Collected data
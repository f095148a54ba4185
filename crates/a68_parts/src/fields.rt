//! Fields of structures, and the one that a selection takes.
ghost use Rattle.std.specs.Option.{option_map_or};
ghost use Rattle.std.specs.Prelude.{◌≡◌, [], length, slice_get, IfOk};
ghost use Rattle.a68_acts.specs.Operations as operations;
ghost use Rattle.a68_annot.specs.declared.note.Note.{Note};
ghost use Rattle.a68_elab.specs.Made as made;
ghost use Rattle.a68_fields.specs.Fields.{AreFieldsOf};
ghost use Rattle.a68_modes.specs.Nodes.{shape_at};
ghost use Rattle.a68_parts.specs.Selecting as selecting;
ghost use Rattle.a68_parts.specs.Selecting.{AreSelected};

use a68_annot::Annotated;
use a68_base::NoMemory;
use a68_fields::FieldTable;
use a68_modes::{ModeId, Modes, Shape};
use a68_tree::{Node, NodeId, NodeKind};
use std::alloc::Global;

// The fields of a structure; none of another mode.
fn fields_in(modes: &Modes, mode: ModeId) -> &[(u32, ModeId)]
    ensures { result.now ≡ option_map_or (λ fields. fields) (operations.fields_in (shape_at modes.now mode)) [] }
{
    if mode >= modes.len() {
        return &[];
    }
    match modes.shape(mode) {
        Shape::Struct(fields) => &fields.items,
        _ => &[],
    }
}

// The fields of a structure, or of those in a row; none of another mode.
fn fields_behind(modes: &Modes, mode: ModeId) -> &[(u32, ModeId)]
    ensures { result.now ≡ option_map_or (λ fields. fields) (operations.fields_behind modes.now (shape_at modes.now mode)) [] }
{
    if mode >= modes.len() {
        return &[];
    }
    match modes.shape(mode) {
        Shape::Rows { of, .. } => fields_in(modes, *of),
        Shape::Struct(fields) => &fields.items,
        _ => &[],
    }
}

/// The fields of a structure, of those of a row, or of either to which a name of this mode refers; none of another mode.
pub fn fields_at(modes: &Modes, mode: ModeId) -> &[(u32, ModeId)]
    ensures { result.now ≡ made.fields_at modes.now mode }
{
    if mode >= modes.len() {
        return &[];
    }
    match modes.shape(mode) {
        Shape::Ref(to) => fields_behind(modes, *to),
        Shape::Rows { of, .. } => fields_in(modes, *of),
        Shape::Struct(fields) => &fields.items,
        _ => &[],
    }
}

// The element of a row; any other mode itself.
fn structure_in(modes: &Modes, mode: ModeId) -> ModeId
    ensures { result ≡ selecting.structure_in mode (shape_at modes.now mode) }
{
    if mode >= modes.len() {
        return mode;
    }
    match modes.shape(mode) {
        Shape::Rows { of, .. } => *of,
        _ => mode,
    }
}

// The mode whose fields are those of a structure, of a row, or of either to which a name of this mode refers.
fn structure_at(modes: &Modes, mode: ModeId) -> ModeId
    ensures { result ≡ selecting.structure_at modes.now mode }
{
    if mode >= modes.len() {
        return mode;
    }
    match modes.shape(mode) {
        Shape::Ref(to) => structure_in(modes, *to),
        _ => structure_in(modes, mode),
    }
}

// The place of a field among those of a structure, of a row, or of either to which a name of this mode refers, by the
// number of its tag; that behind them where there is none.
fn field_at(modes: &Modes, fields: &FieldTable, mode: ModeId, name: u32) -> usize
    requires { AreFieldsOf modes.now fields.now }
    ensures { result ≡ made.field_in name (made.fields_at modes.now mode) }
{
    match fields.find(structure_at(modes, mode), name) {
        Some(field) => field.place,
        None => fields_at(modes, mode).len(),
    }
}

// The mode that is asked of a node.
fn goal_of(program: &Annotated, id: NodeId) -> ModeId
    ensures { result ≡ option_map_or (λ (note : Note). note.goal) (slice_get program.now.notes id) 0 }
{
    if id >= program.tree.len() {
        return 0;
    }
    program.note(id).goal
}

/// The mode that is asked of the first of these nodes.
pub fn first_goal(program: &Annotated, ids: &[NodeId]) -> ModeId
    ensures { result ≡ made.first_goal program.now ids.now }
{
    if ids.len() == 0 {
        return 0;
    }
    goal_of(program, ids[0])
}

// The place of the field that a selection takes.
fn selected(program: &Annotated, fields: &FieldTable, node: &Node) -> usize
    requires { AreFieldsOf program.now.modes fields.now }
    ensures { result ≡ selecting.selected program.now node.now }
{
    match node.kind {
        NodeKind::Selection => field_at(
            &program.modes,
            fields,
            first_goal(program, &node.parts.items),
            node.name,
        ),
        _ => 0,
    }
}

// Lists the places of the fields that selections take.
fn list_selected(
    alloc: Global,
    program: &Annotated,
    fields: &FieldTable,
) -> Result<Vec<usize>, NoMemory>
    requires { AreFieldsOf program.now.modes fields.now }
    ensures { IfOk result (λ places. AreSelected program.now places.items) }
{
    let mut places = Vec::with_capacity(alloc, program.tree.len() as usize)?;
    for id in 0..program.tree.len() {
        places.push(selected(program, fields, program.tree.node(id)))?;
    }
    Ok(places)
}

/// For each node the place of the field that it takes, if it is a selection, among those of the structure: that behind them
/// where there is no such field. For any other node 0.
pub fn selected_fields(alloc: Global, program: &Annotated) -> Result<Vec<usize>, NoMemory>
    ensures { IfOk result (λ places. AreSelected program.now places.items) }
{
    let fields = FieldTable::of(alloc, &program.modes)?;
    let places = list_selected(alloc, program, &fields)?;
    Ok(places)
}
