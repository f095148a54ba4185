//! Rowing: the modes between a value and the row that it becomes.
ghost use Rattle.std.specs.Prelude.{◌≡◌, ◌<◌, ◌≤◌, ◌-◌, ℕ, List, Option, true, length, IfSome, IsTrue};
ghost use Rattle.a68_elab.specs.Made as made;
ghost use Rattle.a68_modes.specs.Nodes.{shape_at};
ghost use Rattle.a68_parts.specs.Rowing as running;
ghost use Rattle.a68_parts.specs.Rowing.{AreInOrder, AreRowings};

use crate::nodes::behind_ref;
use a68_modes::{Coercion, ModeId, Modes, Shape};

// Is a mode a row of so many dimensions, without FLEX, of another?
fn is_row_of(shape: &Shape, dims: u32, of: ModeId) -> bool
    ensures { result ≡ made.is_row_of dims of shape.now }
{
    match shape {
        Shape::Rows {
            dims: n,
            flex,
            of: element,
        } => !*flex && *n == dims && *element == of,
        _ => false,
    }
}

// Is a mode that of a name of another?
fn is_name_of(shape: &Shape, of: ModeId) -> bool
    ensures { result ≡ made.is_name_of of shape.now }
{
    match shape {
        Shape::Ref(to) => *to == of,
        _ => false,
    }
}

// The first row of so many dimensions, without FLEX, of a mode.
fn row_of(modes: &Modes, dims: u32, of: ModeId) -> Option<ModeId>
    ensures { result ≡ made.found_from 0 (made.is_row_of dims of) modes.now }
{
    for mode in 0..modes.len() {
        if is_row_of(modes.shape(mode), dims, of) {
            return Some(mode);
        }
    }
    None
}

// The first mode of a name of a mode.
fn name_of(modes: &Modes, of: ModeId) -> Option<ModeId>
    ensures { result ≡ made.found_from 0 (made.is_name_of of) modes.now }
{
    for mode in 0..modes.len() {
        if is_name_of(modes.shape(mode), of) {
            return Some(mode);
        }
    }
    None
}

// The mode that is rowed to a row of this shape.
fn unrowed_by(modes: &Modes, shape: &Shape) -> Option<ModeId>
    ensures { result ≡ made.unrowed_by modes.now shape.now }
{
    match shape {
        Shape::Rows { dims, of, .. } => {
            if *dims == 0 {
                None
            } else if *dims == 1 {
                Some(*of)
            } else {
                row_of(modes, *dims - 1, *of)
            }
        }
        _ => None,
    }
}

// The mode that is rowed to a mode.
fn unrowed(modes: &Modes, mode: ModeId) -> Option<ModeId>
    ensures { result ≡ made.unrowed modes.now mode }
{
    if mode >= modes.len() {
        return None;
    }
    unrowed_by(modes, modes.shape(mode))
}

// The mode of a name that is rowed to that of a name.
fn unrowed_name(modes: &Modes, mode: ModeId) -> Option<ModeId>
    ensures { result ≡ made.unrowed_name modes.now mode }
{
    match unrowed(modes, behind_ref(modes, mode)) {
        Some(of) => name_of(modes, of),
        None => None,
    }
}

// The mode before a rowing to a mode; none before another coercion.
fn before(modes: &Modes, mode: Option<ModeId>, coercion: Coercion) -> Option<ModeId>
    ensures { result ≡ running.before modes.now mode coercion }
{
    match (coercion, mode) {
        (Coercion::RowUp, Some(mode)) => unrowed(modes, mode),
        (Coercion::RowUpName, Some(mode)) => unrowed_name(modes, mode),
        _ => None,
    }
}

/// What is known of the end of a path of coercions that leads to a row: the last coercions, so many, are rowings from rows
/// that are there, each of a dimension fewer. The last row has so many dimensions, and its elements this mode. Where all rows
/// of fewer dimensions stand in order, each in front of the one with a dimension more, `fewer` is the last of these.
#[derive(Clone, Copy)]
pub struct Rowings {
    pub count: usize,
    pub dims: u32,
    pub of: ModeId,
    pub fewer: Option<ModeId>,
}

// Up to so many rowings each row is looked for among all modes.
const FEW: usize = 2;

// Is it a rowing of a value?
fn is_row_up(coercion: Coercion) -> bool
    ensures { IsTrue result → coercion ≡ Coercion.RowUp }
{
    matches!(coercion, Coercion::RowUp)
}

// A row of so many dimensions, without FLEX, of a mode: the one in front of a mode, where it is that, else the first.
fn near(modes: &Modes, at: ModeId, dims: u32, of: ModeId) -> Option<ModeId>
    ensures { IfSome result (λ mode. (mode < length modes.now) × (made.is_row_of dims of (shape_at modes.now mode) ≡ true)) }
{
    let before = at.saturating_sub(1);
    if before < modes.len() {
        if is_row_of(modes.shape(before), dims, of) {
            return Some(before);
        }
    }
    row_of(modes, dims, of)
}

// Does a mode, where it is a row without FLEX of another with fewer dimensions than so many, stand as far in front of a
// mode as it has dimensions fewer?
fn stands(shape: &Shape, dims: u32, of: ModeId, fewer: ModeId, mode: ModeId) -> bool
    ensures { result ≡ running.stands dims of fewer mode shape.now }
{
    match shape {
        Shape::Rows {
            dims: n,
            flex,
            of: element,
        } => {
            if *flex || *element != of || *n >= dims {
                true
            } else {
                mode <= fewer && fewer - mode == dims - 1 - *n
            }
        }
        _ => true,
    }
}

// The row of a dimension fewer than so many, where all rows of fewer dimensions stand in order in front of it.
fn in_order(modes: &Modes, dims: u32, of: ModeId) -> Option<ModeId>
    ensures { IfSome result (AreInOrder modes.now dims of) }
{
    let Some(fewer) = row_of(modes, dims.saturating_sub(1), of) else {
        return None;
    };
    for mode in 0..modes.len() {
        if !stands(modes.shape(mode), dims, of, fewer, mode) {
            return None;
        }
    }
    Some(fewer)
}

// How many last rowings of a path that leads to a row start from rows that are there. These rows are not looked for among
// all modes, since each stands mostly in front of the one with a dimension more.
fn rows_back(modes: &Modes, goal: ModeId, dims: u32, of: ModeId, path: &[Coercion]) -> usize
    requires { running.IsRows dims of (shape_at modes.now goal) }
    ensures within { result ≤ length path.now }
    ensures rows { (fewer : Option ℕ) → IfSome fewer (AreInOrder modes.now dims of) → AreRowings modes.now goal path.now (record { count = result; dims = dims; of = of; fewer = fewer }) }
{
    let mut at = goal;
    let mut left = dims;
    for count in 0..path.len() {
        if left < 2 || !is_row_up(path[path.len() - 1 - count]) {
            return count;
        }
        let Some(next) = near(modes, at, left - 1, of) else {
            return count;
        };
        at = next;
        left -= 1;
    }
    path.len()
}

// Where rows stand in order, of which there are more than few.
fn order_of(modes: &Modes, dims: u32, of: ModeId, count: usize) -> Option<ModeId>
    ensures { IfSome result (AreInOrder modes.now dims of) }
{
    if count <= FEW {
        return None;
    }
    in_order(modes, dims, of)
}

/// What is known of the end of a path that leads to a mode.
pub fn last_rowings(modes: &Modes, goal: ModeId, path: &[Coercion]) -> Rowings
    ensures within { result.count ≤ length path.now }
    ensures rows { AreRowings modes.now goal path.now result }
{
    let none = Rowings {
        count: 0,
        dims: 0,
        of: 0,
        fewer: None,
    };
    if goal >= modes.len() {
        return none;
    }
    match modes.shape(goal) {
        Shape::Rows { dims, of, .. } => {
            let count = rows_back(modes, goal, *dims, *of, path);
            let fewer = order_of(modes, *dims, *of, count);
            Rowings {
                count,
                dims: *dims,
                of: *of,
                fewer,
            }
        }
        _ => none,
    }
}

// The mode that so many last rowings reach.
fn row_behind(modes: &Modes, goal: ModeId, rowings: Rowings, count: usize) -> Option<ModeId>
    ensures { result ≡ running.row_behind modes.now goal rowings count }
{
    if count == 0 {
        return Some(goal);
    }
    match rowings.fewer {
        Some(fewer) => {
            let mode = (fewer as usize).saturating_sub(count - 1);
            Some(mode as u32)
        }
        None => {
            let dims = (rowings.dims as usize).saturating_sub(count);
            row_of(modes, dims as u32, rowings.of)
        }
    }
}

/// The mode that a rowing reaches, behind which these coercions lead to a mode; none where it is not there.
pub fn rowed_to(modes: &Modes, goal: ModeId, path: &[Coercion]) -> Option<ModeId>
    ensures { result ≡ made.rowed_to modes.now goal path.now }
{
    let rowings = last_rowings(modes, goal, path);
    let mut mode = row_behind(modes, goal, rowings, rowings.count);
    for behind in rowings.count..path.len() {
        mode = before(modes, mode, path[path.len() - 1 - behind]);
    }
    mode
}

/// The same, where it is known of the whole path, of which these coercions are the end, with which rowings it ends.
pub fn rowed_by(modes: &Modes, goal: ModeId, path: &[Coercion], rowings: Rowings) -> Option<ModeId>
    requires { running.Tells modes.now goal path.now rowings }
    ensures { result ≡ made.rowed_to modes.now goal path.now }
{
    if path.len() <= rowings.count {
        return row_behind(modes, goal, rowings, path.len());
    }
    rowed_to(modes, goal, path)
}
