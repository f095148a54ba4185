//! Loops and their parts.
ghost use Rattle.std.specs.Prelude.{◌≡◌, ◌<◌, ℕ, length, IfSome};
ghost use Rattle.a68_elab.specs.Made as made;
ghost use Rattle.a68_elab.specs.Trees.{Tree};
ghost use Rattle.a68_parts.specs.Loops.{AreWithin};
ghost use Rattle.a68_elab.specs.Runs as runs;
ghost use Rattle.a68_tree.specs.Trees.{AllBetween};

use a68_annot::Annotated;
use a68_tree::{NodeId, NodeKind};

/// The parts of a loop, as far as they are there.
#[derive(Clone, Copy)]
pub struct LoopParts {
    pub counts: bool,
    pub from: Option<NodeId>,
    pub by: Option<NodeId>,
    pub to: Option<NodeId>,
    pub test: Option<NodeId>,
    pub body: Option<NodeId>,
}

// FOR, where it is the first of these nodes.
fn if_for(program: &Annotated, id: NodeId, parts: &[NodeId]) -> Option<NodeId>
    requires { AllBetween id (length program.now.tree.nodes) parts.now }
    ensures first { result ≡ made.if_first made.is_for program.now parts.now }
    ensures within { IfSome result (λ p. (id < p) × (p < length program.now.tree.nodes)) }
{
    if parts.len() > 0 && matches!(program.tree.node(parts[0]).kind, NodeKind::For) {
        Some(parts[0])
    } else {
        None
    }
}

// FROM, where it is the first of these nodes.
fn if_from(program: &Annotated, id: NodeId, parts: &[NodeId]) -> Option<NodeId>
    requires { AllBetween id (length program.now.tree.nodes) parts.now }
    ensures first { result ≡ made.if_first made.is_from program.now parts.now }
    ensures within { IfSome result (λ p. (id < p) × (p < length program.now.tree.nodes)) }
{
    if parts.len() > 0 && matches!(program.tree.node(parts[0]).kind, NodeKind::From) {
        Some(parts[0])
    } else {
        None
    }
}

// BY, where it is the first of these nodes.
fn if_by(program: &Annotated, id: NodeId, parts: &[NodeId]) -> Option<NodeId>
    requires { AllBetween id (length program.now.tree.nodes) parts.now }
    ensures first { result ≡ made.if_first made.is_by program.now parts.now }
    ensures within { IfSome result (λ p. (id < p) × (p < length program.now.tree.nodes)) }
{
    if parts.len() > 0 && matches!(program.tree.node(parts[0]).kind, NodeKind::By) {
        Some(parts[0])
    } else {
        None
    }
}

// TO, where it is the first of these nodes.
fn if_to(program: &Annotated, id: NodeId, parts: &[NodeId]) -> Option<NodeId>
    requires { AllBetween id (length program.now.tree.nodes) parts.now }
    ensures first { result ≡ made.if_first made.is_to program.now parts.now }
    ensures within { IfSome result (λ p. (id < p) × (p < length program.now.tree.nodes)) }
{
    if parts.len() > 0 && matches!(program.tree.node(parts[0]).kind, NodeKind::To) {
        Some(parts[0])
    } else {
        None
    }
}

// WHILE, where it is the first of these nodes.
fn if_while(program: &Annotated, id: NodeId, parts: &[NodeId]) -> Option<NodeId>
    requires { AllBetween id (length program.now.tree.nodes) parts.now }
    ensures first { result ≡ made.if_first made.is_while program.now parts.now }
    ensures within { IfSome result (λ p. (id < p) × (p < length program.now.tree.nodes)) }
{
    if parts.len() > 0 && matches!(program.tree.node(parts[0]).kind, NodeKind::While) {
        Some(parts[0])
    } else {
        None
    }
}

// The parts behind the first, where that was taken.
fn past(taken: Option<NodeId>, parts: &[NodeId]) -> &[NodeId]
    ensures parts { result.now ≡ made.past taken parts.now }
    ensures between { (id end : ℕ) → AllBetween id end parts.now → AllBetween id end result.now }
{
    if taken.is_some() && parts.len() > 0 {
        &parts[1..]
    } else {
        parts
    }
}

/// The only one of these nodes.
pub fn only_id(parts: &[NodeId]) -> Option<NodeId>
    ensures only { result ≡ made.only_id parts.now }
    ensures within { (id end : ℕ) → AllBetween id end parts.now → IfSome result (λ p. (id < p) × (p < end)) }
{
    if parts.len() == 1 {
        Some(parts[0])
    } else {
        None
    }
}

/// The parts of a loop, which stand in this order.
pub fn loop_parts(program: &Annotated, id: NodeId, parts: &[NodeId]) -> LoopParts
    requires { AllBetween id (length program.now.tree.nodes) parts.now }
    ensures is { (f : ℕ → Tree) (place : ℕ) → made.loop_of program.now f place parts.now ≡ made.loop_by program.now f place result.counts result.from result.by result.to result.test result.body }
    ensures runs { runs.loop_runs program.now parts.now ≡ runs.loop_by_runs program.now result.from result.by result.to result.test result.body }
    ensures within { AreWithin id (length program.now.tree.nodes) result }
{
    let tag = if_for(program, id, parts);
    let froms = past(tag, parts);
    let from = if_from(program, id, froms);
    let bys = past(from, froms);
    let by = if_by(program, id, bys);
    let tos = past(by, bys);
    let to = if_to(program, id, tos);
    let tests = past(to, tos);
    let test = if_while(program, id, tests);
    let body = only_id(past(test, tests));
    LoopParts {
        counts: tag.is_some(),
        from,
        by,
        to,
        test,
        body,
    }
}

Your objective>
What is needed is a word-for-word copy of the records above, from the first line through the line that contains "use std::alloc::Global;".

Task response>
repository f095148a54ba4185
filename crates/a68_parts/src/fields.rt
//! Fields of structures, and the one that a selection takes.
ghost use Rattle.std.specs.Option.{option_map_or};
ghost use Rattle.std.specs.Prelude.{◌≡◌, [], length, slice_get, IfOk};
ghost use Rattle.a68_acts.specs.Operations as operations;
ghost use Rattle.a68_annot.specs.declared.note.Note.{Note};
ghost use Rattle.a68_elab.specs.Made as made;
ghost use Rattle.a68_fields.specs.Fields.{AreFieldsOf};
ghost use Rattle.a68_modes.specs.Nodes.{shape_at};
ghost use Rattle.a68_parts.specs.Selecting as selecting;
ghost use Rattle.a68_parts.specs.Selecting.{AreSelected};

use a68_annot::Annotated;
use a68_base::NoMemory;
use a68_fields::FieldTable;
use a68_modes::{ModeId, Modes, Shape};
use a68_tree::{Node, NodeId, NodeKind};
use std::alloc::Global;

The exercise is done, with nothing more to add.